L’Altra Emilia – Romagna ha messo il lavoro al primo punto del suo programma, ha candidato un giuslavorista, Piergiovanni Alleva, esperto nella difesa dei lavoratori come capolista in due province, Bologna e Reggio, e tutti gli altri candidati vengono dal mondo del lavoro reale (scuola, fabbriche, Ong, aziende pubbliche e private) e del precariato. La Cisl regionale, però, finge di non saperlo, aiutata dalla censura dei media mainstream nei confronti della lista della sinistra alternativa.
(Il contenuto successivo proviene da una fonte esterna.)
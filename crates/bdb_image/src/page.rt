ghost use Rattle.std.specs.Prelude.{◌≡◌, ◌≢◌, ◌<◌, ◌^◌, IsTrue, length};
ghost use Rattle.std.specs.Option.{option_map};
ghost use Rattle.bdb_faults.specs.of_format.Terms.{first_row, form_code, form_row_code, is_page_size, metadata_rows};
ghost use Rattle.bdb_faults.specs.of_format.declared.metadata.FileKind.TheVariants.{Queue};

use bdb_faults::{FileKind, FormRow, Head, PageType};
use bdb_meta::{checked_btree, checked_queue, checked_table, page_type};
use bdb_slots::{page_row as form_row, queue_row};

/// The first row of form that holds for a page up to the last one, if one does.
#[tactic(auto, using(crate::proofs::CodeLemmas::first_page_code, crate::proofs::CodeLemmas::form_queue))]
#[inline(always)]
pub(crate) fn page_row(page: &[u8], head: &Head, number: u32) -> Option<FormRow>
    requires size { IsTrue (is_page_size (length page.now)) }
    requires last { head.now.last < 2 ^ 21 }
    ensures { option_map form_row_code result ≡ form_code head.now number page.now }
{
    if number == 0 {
        return metadata_row(page, head, 0, head.kind);
    }
    match head.kind {
        FileKind::Btree | FileKind::Hash => tree_row(page, head, number),
        FileKind::Queue => queue_row(page, number, head.order),
    }
}

/// The first row that holds for metadata of a kind, if one does. Queue metadata is page 0.
#[tactic(auto, using(crate::proofs::CodeLemmas::code_of_rows, crate::proofs::CodeLemmas::btree_last, crate::proofs::CodeLemmas::queue_last))]
fn metadata_row(page: &[u8], head: &Head, number: u32, kind: FileKind) -> Option<FormRow>
    requires size { IsTrue (is_page_size (length page.now)) }
    requires last { head.now.last < 2 ^ 21 }
    requires queue { kind ≡ Queue → number ≡ 0 }
    ensures { option_map form_row_code result ≡ first_row (metadata_rows head.now.order page.now number head.now.last kind) }
{
    match kind {
        FileKind::Btree => checked_btree(page, head.order, number).err(),
        FileKind::Hash => checked_table(page, head.order, number, head.last).err(),
        FileKind::Queue => checked_queue(page, head.order).err(),
    }
}

/// The first row of form that holds for a page above 0 of a btree or hash file, if one does.
#[tactic(auto, using(crate::proofs::CodeLemmas::tree_faults))]
fn tree_row(page: &[u8], head: &Head, number: u32) -> Option<FormRow>
    requires size { IsTrue (is_page_size (length page.now)) }
    requires last { head.now.last < 2 ^ 21 }
    requires above { 0 < number }
    requires tree { head.now.kind ≢ Queue }
    ensures { option_map form_row_code result ≡ form_code head.now number page.now }
{
    if let Some(row) = form_row(page, number, head.order) {
        return Some(row);
    }
    match page_type(page) {
        PageType::HashMeta => metadata_row(page, head, number, FileKind::Hash),
        PageType::BtreeMeta => metadata_row(page, head, number, FileKind::Btree),
        _ => None,
    }
}
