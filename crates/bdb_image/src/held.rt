ghost use Rattle.std.specs.Prelude.{◌≡◌, ◌≢◌, ◌+◌, ◌^◌, ◌<◌, ◌≤◌, IsTrue, None, length, true};
ghost use Rattle.bdb_slots.specs.Plain.{IsPlain, IsPlainIn};
ghost use Rattle.bdb_slots.specs.Slots.{placed};
ghost use Rattle.bdb_faults.specs.of_format.Terms.{abstract_page, byte_at, file_of, form_code, is_page_size, page_code, refs, targets_in, targets_of};
ghost use Rattle.bdb_faults.specs.of_format.declared.metadata.FileKind.TheVariants.{Queue};

use crate::meta::meta_on;
use crate::{Formed, Meta, References};
use bdb_faults::{FileKind, Head, Order, Steps};
use bdb_slots::known_form;
use std::sync::ledger::Ledger;

/// The references that a page holds, in order: one step, whatever they are. No memory is taken. No other
/// function reads the references of a page.
pub fn references<'a, L: Ledger>(
    formed: &Formed<'a>,
    page: u32,
    steps: &mut Steps<L>,
) -> References<'a>
    requires { page ≤ (file_of formed.now).last }
    ensures list { result ≡ refs (file_of formed.now) page }
    ensures cost { steps.new ≡ steps.old + 1 }
{
    steps.tick();
    references_of(formed, page)
}

/// The references that a page holds, without a step.
#[tactic(auto, using(crate::proofs::HeldLemmas::refs_of_page))]
fn references_of<'a>(formed: &Formed<'a>, page: u32) -> References<'a>
    requires { page ≤ (file_of formed.now).last }
    ensures { result ≡ refs (file_of formed.now) page }
{
    let head = formed.head();
    held_by(formed.page_bytes(page), &head, page, formed.is_plain())
}

/// The references of a page without a fault of form, whose items are known to name none where it is plain. A queue file
/// holds none.
fn held_by<'a>(page: &'a [u8], head: &Head, number: u32, plain: bool) -> References<'a>
    requires size { IsTrue (is_page_size (length page.now)) }
    requires last { head.now.last < 2 ^ 21 }
    requires form { form_code head.now number page.now ≡ None }
    requires plain { plain ≡ true → IsPlainIn head.now page.now }
    ensures { result ≡ placed 0 (targets_of head.now.kind number (abstract_page head.now.order page.now)) }
{
    match head.kind {
        FileKind::Btree | FileKind::Hash => held_in_forest(page, head, number, plain),
        FileKind::Queue => References::none(),
    }
}

/// The references of a page of a btree or hash file.
#[tactic(auto, using(crate::proofs::MetaLemmas::held_fields))]
fn held_in_forest<'a>(page: &'a [u8], head: &Head, number: u32, plain: bool) -> References<'a>
    requires size { IsTrue (is_page_size (length page.now)) }
    requires last { head.now.last < 2 ^ 21 }
    requires form { form_code head.now number page.now ≡ None }
    requires forest { head.now.kind ≢ Queue }
    requires plain { plain ≡ true → IsPlain (abstract_page head.now.order page.now) }
    ensures { result ≡ placed 0 (targets_in number (abstract_page head.now.order page.now)) }
{
    match meta_on(page, head.order) {
        Some(Meta::Hash(meta)) => References::of_hash(number, &meta),
        Some(Meta::Btree(meta)) => References::of_btree(number, &meta),
        Some(Meta::Queue(_)) => References::none(),
        None => held_by_other(page, head.order, number, plain),
    }
}

/// The references of a page that isn't metadata.
#[tactic(auto, using(crate::proofs::HeldLemmas::no_metadata))]
fn held_by_other<'a>(page: &'a [u8], order: Order, number: u32, plain: bool) -> References<'a>
    requires size { IsTrue (is_page_size (length page.now)) }
    requires form { page_code order number page.now ≡ None }
    requires table { byte_at page.now 25 ≢ 8 }
    requires tree { byte_at page.now 25 ≢ 9 }
    requires plain { plain ≡ true → IsPlain (abstract_page order page.now) }
    ensures { result ≡ placed 0 (targets_in number (abstract_page order page.now)) }
{
    let view = known_form(page, number, order);
    if plain {
        References::of_plain(view)
    } else {
        References::of_view(view)
    }
}
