ghost use Rattle.std.specs.Prelude.{◌≡◌, ◌≤◌, IfOk, IsTrue, length};
ghost use Rattle.std.specs.Option.{option_map};
ghost use Rattle.bdb_image.specs.Linked.{meta_pages};
ghost use Rattle.bdb_image.specs.Metas.{meta_in, meta_seen};
ghost use Rattle.bdb_faults.specs.of_format.Terms.{abstract_page, file_of, is_page_size, page_at};

use crate::Formed;
use crate::formed_page::{is_metadata, page_at};
use bdb_faults::{BtreeMeta, HashMeta, Order, PageType, QueueMeta};
use bdb_meta::{btree_fields, hash_fields, page_type, queue_fields};
use std::alloc::{AllocError, Global};

/// The fields of a metadata page.
#[derive(Clone, Copy, Debug, PartialEq, Eq)]
pub enum Meta {
    Btree(BtreeMeta),
    Hash(HashMeta),
    Queue(QueueMeta),
}

/// The numbers of the metadata pages of an image, ascending, 4 bytes for each in a list that grows. An error means
/// that memory ran out.
pub fn metas_of(alloc: Global, formed: &Formed) -> Result<Vec<u32>, AllocError>
    ensures { IfOk result (λ metas. metas.items ≡ meta_pages (file_of formed.now)) }
{
    let mut metas = Vec::new(alloc);
    for number in 0..formed.head().last + 1 {
        if page_at(formed, number).is_meta() {
            metas.push(number)?;
        }
    }
    Ok(metas)
}

/// The fields of a page, if it's metadata.
#[tactic(auto, using(crate::proofs::MetaLemmas::meta_of_page))]
pub fn meta_at(formed: &Formed, number: u32) -> Option<Meta>
    requires { number ≤ (file_of formed.now).last }
    ensures { option_map meta_seen result ≡ meta_in (page_at (file_of formed.now) number) }
{
    let order = formed.head().order;
    meta_on(formed.page_bytes(number), order)
}

/// The fields of a page without a fault of form, if it's metadata. The type of most pages tells at a glance that they aren't.
#[tactic(auto, using(crate::proofs::MetaLemmas::unmarked_fields))]
pub(crate) fn meta_on(page: &[u8], order: Order) -> Option<Meta>
    requires { IsTrue (is_page_size (length page.now)) }
    ensures { option_map meta_seen result ≡ meta_in (abstract_page order page.now) }
{
    if !is_metadata(Some(page_type(page))) {
        return None;
    }
    fields_on(page, order)
}

/// The same of any page: the one place where metadata is read again, without another judgement.
#[tactic(auto, using(crate::proofs::MetaLemmas::fields_by_type))]
fn fields_on(page: &[u8], order: Order) -> Option<Meta>
    requires { IsTrue (is_page_size (length page.now)) }
    ensures { option_map meta_seen result ≡ meta_in (abstract_page order page.now) }
{
    match page_type(page) {
        PageType::HashMeta => Some(Meta::Hash(hash_fields(page, order))),
        PageType::BtreeMeta => Some(Meta::Btree(btree_fields(page, order))),
        PageType::QueueMeta => Some(Meta::Queue(queue_fields(page, order))),
        _ => None,
    }
}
E chiede anch’essa un nuovo «patto sociale per il lavoro». La Cisl chiede «agenzie di collocamento che funzionano, sburocratizzazione, incentivare gli investimenti e dare applicazione a leggi come quella sull”attrattività». Un assist esplicito per Bonaccini anche se la Cisl giura di non dare indicazioni di voto. «Siamo gli unici candidati – dice Alleva – che parlano di lavoro senza nascondere agli elettori gli effetti devastanti che il combinato disposto di decreto Poletti e jobs act avranno su un universo di lavoratori massacrati da un lato dalla crisi dall’altro dalle ricette neoliberiste dei vari governi Monti, Letta, Renzi. Non si intravede infatti nessuna differenza tra la strage dei diritti compiuta dal ministro Fornero (e prima di lei la strada era stata aperta da tutte le leggi che hanno precarizzato il lavoro) e il colpo di grazia che vuole infliggere Renzi con il suo ministro Poletti, ex sindaco comunista di Imola e in bella compagnia dei vari Sacconi, Gasparri, Alfano e Verdini. Anzi, secondo noi Renzi sta riuscendo laddove la destra più becera e retriva ha sempre provato senza mai centrare il colpo: cancellazione della civiltà giuridica del lavoro e rovesciamento di tutti i valori, modificazione della costituzione materiale prima che di quella formale, con il profitto, il business, l’impresa a fondamento di una Repubblica ormai post-democratica, e il lavoro, le donne e gli uomini che lo eseguono, ridotti non solo a variabile dipendente, ma a possibile minaccia, (con i loro diritti considerati blasfemamente “privilegi”), alla “libertà d’impresa” e all’attrattività degli investimenti».